Posted in Kids, pictures, Statistics, Travel, University life with tags , , , , , , on January 10, 2017 by xi'an

[Here is a call for a two-year postdoc in Oxford sent to me by Arnaud Doucet. For those worried about moving to Britain, I think that, given the current pace—or lack thereof—of the negotiations with the EU, it is very likely that Britain will not have Brexited two years from now.]

Numerous medical problems ranging from screening to diagnosis to treatment of chronic diseases to  management of care in hospitals requires the development of novel statistical models and methods. These models and methods need to address the unique characteristics of medical data such as sampling bias, heterogeneity, non-stationarity, informative censoring etc. Existing state-of-the-art machine learning and statistics techniques often fail to exploit those characteristics. Additionally, the focus needs to be on probabilistic models which are
interpretable by the clinicians so that the inference results can be integrated within the medical-decision making.

We have access to unique datasets for clinical deterioration of patients in the hospital, for cancer screening, and for treatment of chronic diseases. Preliminary work has been tested and implemented at UCLA Medical Center, resulting in significantly management care in this hospital.

The successful applicant will be expected to develop new probabilistic models and learning methods inspired by these applications. The focus will be primarily on methodological and theoretical developments, and involve collaborating with Oxford researchers in machine learning, computational statistics and medicine to bring these developments to practice.

The post-doctoral researcher will be jointly supervised by Prof. Mihaela van der Schaar and Prof. Arnaud Doucet. Both of them have a strong track-record in advising PhD students and post-doctoral researchers who subsequently became successful academics in statistics, engineering sciences, computer science and economics. The position is for 2 years.

empirical Bayes, reference priors, entropy & EM

Posted in Mountains, Statistics, Travel, University life with tags , , , , , , , , , , , on January 9, 2017 by xi'an

Klebanov and co-authors from Berlin arXived this paper a few weeks ago and it took me a quiet evening in Darjeeling to read it. It starts with the premises that led Robbins to introduce empirical Bayes in 1956 (although the paper does not appear in the references), where repeated experiments with different parameters are run. Except that it turns non-parametric in estimating the prior. And to avoid resorting to the non-parametric MLE, which is the empirical distribution, it adds a smoothness penalty function to the picture. (Warning: I am not a big fan of non-parametric MLE!) The idea seems to have been Good’s, who acknowledged using the entropy as penalty is missing in terms of reparameterisation invariance. Hence the authors suggest instead to use as penalty function on the prior a joint relative entropy on both the parameter and the prior, which amounts to the average of the Kullback-Leibler divergence between the sampling distribution and the predictive based on the prior. Which is then independent of the parameterisation. And of the dominating measure. This is the only tangible connection with reference priors found in the paper.

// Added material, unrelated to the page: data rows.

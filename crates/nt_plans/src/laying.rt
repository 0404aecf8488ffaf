//! The lanes as they are laid out, with waits for what stands above.
ghost use Rattle.std.specs.Prelude.{◌≡◌, ◌++◌, ◌∷◌, IfOk, OnOk, codes, decimal, map};
ghost use Rattle.nt_calls.specs.declared.call.Act as Act;
ghost use Rattle.nt_lanes.specs.Lanes.{asked};
ghost use Rattle.nt_plans.specs.Gates.{after, after_all, after_beginning, after_if_named, beginning_of, claims_of, has_passed, is_new, lost_with, made_line, may_close_first, none_laid, opened_by, opening, taking, wait_for, wait_line, with_claim, with_claims, with_line, with_passed};
ghost use Rattle.nt_plans.specs.Kept.{does_of, item_of, laid_of};
ghost use Rattle.std.specs.List.{fold};
ghost use Rattle.std.specs.Option.{option_copied};

use crate::items::{Does, Item, is_among, is_handle};
use crate::line::{Line, no_lines, push_line};
use nt_calls::{Act, Call, WaitCall, WaitMode};
use nt_lanes::{Ask, Plan};
use nt_status::{Handle, Handles, INFINITE};
use nt_wording::put_number;
use std::alloc::{AllocError, Global};

/// A late creation: its line, its caller, the handle that it gave, that of which it is another one, its gate, and its claim.
#[derive(Clone, Copy)]
pub struct Made {
    pub number: u64,
    pub who: u32,
    pub handle: Handle,
    pub source: Option<Handle>,
    pub gate: Handle,
    pub claim: Handle,
}

/// A lane has passed a gate: it waited for it, or set it.
#[derive(Clone, Copy)]
pub struct Pass {
    pub lane: u32,
    pub gate: Handle,
}

/// The lanes so far.
#[derive(Drop)]
pub struct Laid {
    pub plan: Plan,
    /// By lane, the lines that the plan's asks stand on.
    pub lines: Vec<Vec<Line>>,
    pub passed: Vec<Pass>,
}

/// A wait for the gate, without end.
fn wait_for(alloc: Global, gate: Handle) -> Ask
    ensures { asked result ≡ wait_for gate }
{
    Ask::Call(Call::Wait(WaitCall::Objects {
        all: false,
        mode: WaitMode {
            ms: INFINITE,
            alertable: false,
        },
        handles: Handles::from_one(alloc, gate),
    }))
}

/// What is lost of all late creations where this handle is not made.
fn lost_with(alloc: Global, all: &[Made], handle: Handle) -> Result<Vec<Handle>, AllocError>
    ensures { IfOk result (λ lost. lost.items ≡ lost_with all.now handle) }
{
    let mut lost = Vec::from_slice(alloc, &[handle])?;
    for made in all {
        if is_among(&lost, made.source) {
            lost.extend_from_slice(&[made.handle, made.claim])?;
        }
    }
    Ok(lost)
}

/// Puts that the claim is closed, and if it stood, so are these; and a gap.
fn put_taking(acts: &mut Vec<Option<Act>>, claim: Handle, lost: &[Handle]) -> Result<(), AllocError>
    ensures { OnOk result (acts.new.items ≡ acts.old.items ++ taking claim lost.now) }
{
    acts.push(Some(Act::Close(claim)))?;
    for handle in lost {
        acts.push(Some(Act::Close(*handle)))?;
    }
    acts.push(None)?;
    Ok(())
}

/// What is asked, and in the same step these claims are closed, if there are any.
pub(crate) fn with_claims(
    alloc: Global,
    ask: Ask,
    claims: &[Option<Act>],
) -> Result<Ask, AllocError>
    ensures { IfOk result (λ both. asked both ≡ with_claims (asked ask) claims.now) }
{
    match &ask {
        Ask::Call(Call::Act(act)) if !claims.is_empty() => {
            let mut acts = Vec::from_slice(alloc, &[Some(*act), None])?;
            acts.extend_from_slice(claims)?;
            Ok(Ask::Tries(acts))
        }
        _ => Ok(ask),
    }
}

/// The gate is set, and the claim is closed, in one step.
fn opening(alloc: Global, gate: Handle, claim: Handle) -> Result<Ask, AllocError>
    ensures { IfOk result (λ ask. asked ask ≡ opening gate claim) }
{
    let acts = Vec::from_slice(alloc, &[Some(Act::SetEvent(gate)), Some(Act::Close(claim))])?;
    Ok(Ask::Tries(acts))
}

/// Puts the comment that stands for a wait of this lane in a script.
fn put_wait(out: &mut Vec<u8>, lane: u32, number: u64) -> Result<(), AllocError>
    ensures { OnOk result (out.new.items ≡ out.old.items ++ wait_line lane number) }
{
    out.extend_from_slice(b"; t")?;
    put_number(out, u64::from(lane))?;
    out.extend_from_slice(b" waits for line ")?;
    put_number(out, number)
}

/// Puts the comment that stands for a late creation.
fn put_made(out: &mut Vec<u8>, number: u64) -> Result<(), AllocError>
    ensures { OnOk result (out.new.items ≡ out.old.items ++ made_line number) }
{
    out.extend_from_slice(b"; line ")?;
    put_number(out, number)?;
    out.extend_from_slice(b" goes here")
}

/// The line of a wait: that of this number waits, in this lane, for the line of that number.
fn line_of_wait(alloc: Global, number: u64, lane: u32, other: u64) -> Result<Line, AllocError>
    ensures { IfOk result (λ line. line.bytes.items ≡ wait_line lane other) }
{
    let mut bytes = Vec::new(alloc);
    put_wait(&mut bytes, lane, other)?;
    let text = Vec::from_slice(alloc, &bytes[2..])?;
    Ok(Line {
        number,
        text,
        bytes,
    })
}

/// The line of a late creation.
fn line_of_made(alloc: Global, line: &Line) -> Result<Line, AllocError>
    ensures { IfOk result (λ made. made.bytes.items ≡ made_line line.now.number) }
{
    let mut bytes = Vec::new(alloc);
    put_made(&mut bytes, line.number)?;
    Ok(Line {
        number: line.number,
        text: line.text.clone()?,
        bytes,
    })
}

/// The first of these late creations that makes another handle of the thread.
fn beginning_of(thread: u32, above: &[Made]) -> Option<&Made>
    ensures { option_copied result ≡ beginning_of thread above.now }
{
    above
        .iter()
        .find(|made| is_handle(Handle::new(thread), made.source))
}

impl Laid {
    /// So many threads do nothing yet.
    pub(crate) fn new(alloc: Global, threads: u32) -> Result<Laid, AllocError>
        ensures { IfOk result (λ laid. laid_of laid ≡ none_laid threads) }
    {
        Ok(Laid {
            plan: Plan::new(alloc, threads)?,
            lines: no_lines(alloc, threads as usize + 1)?,
            passed: Vec::new(alloc),
        })
    }

    /// The lane does this too, last, as the line tells.
    pub(crate) fn push(&mut self, lane: u32, ask: Ask, line: Line) -> Result<(), AllocError>
        ensures { OnOk result (laid_of self.new ≡ with_line (laid_of self.old) lane (asked ask) line.bytes.items) }
    {
        push_line(&mut self.lines, lane, line)?;
        self.plan.add(lane, ask)
    }

    /// The lane has passed the gate.
    fn pass(&mut self, lane: u32, gate: Handle) -> Result<(), AllocError>
        ensures { OnOk result (laid_of self.new ≡ with_passed (laid_of self.old) lane gate) }
    {
        self.passed.push(Pass { lane, gate })?;
        Ok(())
    }

    /// Whether the lane has passed the gate.
    fn has_passed(&self, lane: u32, gate: Handle) -> bool
        ensures { result ≡ has_passed (laid_of self.now).passed lane gate }
    {
        self.passed
            .iter()
            .any(|pass| pass.lane == lane && pass.gate == gate)
    }

    /// The line of this number in the lane waits for the late creation, unless the lane has passed its gate.
    fn wait(&mut self, alloc: Global, number: u64, lane: u32, made: &Made) -> Result<(), AllocError>
        ensures { OnOk result (laid_of self.new ≡ after lane (laid_of self.old) made.now) }
    {
        if self.has_passed(lane, made.gate) {
            return Ok(());
        }
        let line = line_of_wait(alloc, number, lane, made.number)?;
        self.push(lane, wait_for(alloc, made.gate), line)?;
        self.pass(lane, made.gate)
    }

    /// Whether it is the lane of a thread, and has nothing to do yet.
    fn is_new(&self, threads: u32, lane: u32) -> bool
        ensures { result ≡ is_new threads lane (laid_of self.now) }
    {
        lane < threads && self.plan.ask(lane, 0).is_none()
    }

    /// A thread's first line waits for that one of these late creations which begins the thread.
    fn begin(
        &mut self,
        alloc: Global,
        threads: u32,
        above: &[Made],
        item: &Item,
    ) -> Result<(), AllocError>
        ensures { OnOk result (laid_of self.new
            ≡ after_beginning threads above.now item.now.lane (laid_of self.old)) }
    {
        if !self.is_new(threads, item.lane) {
            return Ok(());
        }
        match beginning_of(item.lane, above) {
            Some(made) => self.wait(alloc, item.line.number, item.lane, made),
            None => Ok(()),
        }
    }

    /// Where the line names what the late creation gave, it waits for it.
    fn wait_if_named(&mut self, alloc: Global, item: &Item, made: &Made) -> Result<(), AllocError>
        ensures { OnOk result (laid_of self.new
            ≡ after_if_named item.now.lane (does_of item.now.does) (laid_of self.old) made.now) }
    {
        if item.does.names(made.handle) {
            self.wait(alloc, item.line.number, item.lane, made)?;
        }
        Ok(())
    }

    /// Whether the line closes what the late creation makes another handle of, and may go first.
    fn may_close_first(&self, item: &Item, made: &Made) -> bool
        ensures { result ≡ may_close_first (laid_of self.now) (item_of item.now) made.now }
    {
        item.does.closes(made.source) && !self.has_passed(item.lane, made.gate)
    }

    /// Puts that the line closes the claim of this late creation, one of all these, if it may close first what that makes another handle of.
    fn put_claim(
        &self,
        alloc: Global,
        claims: &mut Vec<Option<Act>>,
        all: &[Made],
        item: &Item,
        made: &Made,
    ) -> Result<(), AllocError>
        ensures { OnOk result (claims.new.items
            ≡ with_claim all.now (laid_of self.now) (item_of item.now) claims.old.items made.now) }
    {
        if self.may_close_first(item, made) {
            let lost = lost_with(alloc, all, made.handle)?;
            put_taking(claims, made.claim, &lost)?;
        }
        Ok(())
    }

    /// The claims that the line closes, of the late creations above it, and what is lost then of all these.
    pub(crate) fn claims(
        &self,
        alloc: Global,
        all: &[Made],
        above: &[Made],
        item: &Item,
    ) -> Result<Vec<Option<Act>>, AllocError>
        ensures { IfOk result (λ claims. claims.items ≡ claims_of all.now above.now (laid_of self.now) (item_of item.now)) }
    {
        let mut claims = Vec::new(alloc);
        for made in above {
            self.put_claim(alloc, &mut claims, all, item, made)?;
        }
        Ok(claims)
    }

    /// Where the line names what one of these late creations gave, it waits for that.
    fn begin_for_each(
        &mut self,
        alloc: Global,
        above: &[Made],
        item: &Item,
    ) -> Result<(), AllocError>
        ensures { OnOk result (laid_of self.new
            ≡ fold (after_if_named item.now.lane (does_of item.now.does)) (laid_of self.old) above.now) }
    {
        for made in above {
            self.wait_if_named(alloc, item, made)?;
        }
        Ok(())
    }

    /// What the line does before it goes, for what stands above it.
    pub(crate) fn begin_for_all(
        &mut self,
        alloc: Global,
        threads: u32,
        above: &[Made],
        item: &Item,
    ) -> Result<(), AllocError>
        ensures { OnOk result (laid_of self.new
            ≡ after_all threads above.now (laid_of self.old) (item_of item.now)) }
    {
        self.begin(alloc, threads, above, item)?;
        self.begin_for_each(alloc, above, item)
    }

    /// The late creation on this line goes.
    pub(crate) fn open(&mut self, alloc: Global, line: &Line, made: &Made) -> Result<(), AllocError>
        requires { made.now.number ≡ line.now.number }
        ensures { OnOk result (laid_of self.new ≡ opened_by (laid_of self.old) made.now) }
    {
        let line = line_of_made(alloc, line)?;
        self.push(made.who, opening(alloc, made.gate, made.claim)?, line)?;
        self.pass(made.who, made.gate)
    }
}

The authors then introduce a non-parametric EM algorithm, where the unknown prior becomes the “parameter” and the M step means optimising an entropy in terms of this prior. With an infinite amount of data, the true prior (meaning the overall distribution of the genuine parameters in this repeated experiment framework) is a fixed point of the algorithm. However, it seems that the only way it can be implemented is via discretisation of the parameter space, which opens a whole Pandora box of issues, from discretisation size to dimensionality problems. And to motivating the approach by regularisation arguments, since the final product remains an atomic distribution.

While the alternative of estimating the marginal density of the data by kernels and then aiming at the closest entropy prior is discussed, I find it surprising that the paper does not consider the rather natural of setting a prior on the prior, e.g. via Dirichlet processes.